• **What the exercise asks**
Which lines in the data contain the word "RecoverRetained"? Please copy each of them.

### Exercise inputs

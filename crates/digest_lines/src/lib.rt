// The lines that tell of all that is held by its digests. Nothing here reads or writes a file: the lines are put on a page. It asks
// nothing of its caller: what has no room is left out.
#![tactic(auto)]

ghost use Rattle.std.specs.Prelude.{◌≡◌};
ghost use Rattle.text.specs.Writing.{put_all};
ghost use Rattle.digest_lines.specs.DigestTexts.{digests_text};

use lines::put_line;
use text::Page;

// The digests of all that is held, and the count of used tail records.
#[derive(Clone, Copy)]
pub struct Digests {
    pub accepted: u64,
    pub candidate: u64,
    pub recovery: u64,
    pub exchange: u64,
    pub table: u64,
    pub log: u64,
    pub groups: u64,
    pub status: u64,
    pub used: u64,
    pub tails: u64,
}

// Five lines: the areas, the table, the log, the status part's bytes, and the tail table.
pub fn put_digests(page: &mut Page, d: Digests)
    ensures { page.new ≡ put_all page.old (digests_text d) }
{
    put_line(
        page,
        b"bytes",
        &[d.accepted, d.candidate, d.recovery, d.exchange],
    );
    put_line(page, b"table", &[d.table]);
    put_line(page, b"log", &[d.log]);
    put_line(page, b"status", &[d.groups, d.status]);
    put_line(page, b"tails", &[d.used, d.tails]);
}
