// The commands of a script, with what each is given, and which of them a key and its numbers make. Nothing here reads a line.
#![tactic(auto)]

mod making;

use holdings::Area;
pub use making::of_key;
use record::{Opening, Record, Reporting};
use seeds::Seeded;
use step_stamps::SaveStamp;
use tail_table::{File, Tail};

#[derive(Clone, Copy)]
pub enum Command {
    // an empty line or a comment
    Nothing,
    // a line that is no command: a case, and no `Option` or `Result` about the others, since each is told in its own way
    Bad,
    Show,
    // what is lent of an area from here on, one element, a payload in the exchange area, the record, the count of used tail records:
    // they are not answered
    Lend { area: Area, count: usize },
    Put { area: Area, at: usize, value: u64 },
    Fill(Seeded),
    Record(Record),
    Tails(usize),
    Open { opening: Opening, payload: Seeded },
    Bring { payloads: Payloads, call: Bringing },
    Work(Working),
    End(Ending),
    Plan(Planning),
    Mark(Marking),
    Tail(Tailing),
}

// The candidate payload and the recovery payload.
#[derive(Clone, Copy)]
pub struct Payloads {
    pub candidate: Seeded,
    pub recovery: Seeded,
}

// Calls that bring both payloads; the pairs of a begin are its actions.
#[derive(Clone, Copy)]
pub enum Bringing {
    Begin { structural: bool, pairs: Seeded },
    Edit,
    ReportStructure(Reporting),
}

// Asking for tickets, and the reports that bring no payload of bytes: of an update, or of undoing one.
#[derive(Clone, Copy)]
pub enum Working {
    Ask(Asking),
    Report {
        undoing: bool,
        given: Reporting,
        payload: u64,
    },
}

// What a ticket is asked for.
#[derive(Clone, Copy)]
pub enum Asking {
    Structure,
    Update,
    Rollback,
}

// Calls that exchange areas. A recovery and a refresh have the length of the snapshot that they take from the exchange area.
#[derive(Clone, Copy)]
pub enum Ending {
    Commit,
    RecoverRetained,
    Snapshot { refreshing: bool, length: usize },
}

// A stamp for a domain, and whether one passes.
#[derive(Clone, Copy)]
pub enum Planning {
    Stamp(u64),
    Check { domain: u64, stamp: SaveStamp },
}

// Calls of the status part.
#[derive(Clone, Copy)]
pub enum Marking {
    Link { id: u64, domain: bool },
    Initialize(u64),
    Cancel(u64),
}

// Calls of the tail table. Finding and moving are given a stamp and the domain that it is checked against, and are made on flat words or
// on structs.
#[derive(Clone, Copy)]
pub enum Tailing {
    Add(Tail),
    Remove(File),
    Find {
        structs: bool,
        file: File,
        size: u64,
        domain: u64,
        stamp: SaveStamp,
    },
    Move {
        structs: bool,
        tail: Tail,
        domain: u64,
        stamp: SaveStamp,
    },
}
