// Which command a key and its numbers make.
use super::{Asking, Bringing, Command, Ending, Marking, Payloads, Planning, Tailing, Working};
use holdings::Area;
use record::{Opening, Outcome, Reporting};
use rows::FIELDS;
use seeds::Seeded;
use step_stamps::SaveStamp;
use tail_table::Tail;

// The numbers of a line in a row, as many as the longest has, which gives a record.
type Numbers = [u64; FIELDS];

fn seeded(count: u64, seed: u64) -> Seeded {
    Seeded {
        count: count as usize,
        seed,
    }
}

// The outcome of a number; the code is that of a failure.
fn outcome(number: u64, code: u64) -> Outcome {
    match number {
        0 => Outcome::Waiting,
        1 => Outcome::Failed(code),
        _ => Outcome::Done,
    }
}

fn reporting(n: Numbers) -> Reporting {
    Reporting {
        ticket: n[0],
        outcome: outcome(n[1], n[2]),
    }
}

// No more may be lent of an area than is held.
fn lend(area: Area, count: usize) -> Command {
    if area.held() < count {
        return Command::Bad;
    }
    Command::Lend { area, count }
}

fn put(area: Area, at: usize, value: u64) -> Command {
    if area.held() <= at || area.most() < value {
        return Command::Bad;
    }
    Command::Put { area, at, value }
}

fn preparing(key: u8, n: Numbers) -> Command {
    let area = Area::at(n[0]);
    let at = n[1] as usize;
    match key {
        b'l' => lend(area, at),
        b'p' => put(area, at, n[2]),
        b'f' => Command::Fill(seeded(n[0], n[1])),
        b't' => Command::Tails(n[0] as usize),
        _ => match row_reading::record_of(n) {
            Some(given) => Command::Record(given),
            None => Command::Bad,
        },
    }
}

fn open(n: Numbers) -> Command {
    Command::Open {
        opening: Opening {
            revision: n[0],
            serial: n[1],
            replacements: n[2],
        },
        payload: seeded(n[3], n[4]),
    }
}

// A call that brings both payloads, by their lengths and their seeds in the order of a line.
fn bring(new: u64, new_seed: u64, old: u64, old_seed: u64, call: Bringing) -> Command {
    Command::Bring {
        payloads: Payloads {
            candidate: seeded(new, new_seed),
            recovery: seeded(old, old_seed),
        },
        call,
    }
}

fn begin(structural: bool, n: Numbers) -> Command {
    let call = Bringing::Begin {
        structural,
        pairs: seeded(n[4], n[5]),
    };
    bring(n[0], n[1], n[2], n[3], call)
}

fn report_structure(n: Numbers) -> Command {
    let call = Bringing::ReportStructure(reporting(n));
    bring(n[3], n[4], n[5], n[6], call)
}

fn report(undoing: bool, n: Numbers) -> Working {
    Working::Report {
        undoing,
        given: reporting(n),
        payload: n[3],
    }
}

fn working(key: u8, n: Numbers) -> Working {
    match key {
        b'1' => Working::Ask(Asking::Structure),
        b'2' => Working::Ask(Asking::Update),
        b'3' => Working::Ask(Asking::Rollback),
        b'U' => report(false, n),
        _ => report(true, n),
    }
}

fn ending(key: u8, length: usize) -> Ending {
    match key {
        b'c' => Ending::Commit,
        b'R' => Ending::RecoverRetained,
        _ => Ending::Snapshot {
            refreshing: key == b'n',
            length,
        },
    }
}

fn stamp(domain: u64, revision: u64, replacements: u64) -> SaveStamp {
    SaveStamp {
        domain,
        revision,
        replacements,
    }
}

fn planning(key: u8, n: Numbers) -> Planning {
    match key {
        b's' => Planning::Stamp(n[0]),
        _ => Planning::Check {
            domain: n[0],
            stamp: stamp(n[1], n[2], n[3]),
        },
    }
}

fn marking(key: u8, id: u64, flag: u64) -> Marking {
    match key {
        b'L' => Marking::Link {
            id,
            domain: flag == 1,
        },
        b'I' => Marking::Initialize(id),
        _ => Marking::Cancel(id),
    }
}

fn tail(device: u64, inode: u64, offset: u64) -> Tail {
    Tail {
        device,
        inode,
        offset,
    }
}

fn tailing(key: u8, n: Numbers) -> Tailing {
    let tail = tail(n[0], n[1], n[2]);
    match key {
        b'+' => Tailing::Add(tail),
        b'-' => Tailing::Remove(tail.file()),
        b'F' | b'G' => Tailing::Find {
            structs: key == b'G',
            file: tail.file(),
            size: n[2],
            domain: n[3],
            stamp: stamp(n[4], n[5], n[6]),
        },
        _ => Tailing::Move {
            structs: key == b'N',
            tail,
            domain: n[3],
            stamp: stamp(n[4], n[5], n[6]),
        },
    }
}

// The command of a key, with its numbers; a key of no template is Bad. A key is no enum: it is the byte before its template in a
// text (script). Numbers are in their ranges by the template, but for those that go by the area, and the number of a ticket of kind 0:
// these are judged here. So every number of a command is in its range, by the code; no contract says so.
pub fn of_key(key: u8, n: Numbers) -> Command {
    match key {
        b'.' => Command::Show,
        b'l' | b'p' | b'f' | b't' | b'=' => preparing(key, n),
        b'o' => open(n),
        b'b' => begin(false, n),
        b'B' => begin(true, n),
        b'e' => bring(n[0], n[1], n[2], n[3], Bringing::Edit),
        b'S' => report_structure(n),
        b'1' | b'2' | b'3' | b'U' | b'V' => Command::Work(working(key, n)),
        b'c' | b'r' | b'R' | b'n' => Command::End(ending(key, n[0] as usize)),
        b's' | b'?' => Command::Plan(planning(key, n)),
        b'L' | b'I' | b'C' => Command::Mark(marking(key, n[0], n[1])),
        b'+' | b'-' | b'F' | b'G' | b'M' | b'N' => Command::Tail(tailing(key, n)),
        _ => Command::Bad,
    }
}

######

• **Task answer**
    RecoverRetained,
        b'R' => Ending::RecoverRetained,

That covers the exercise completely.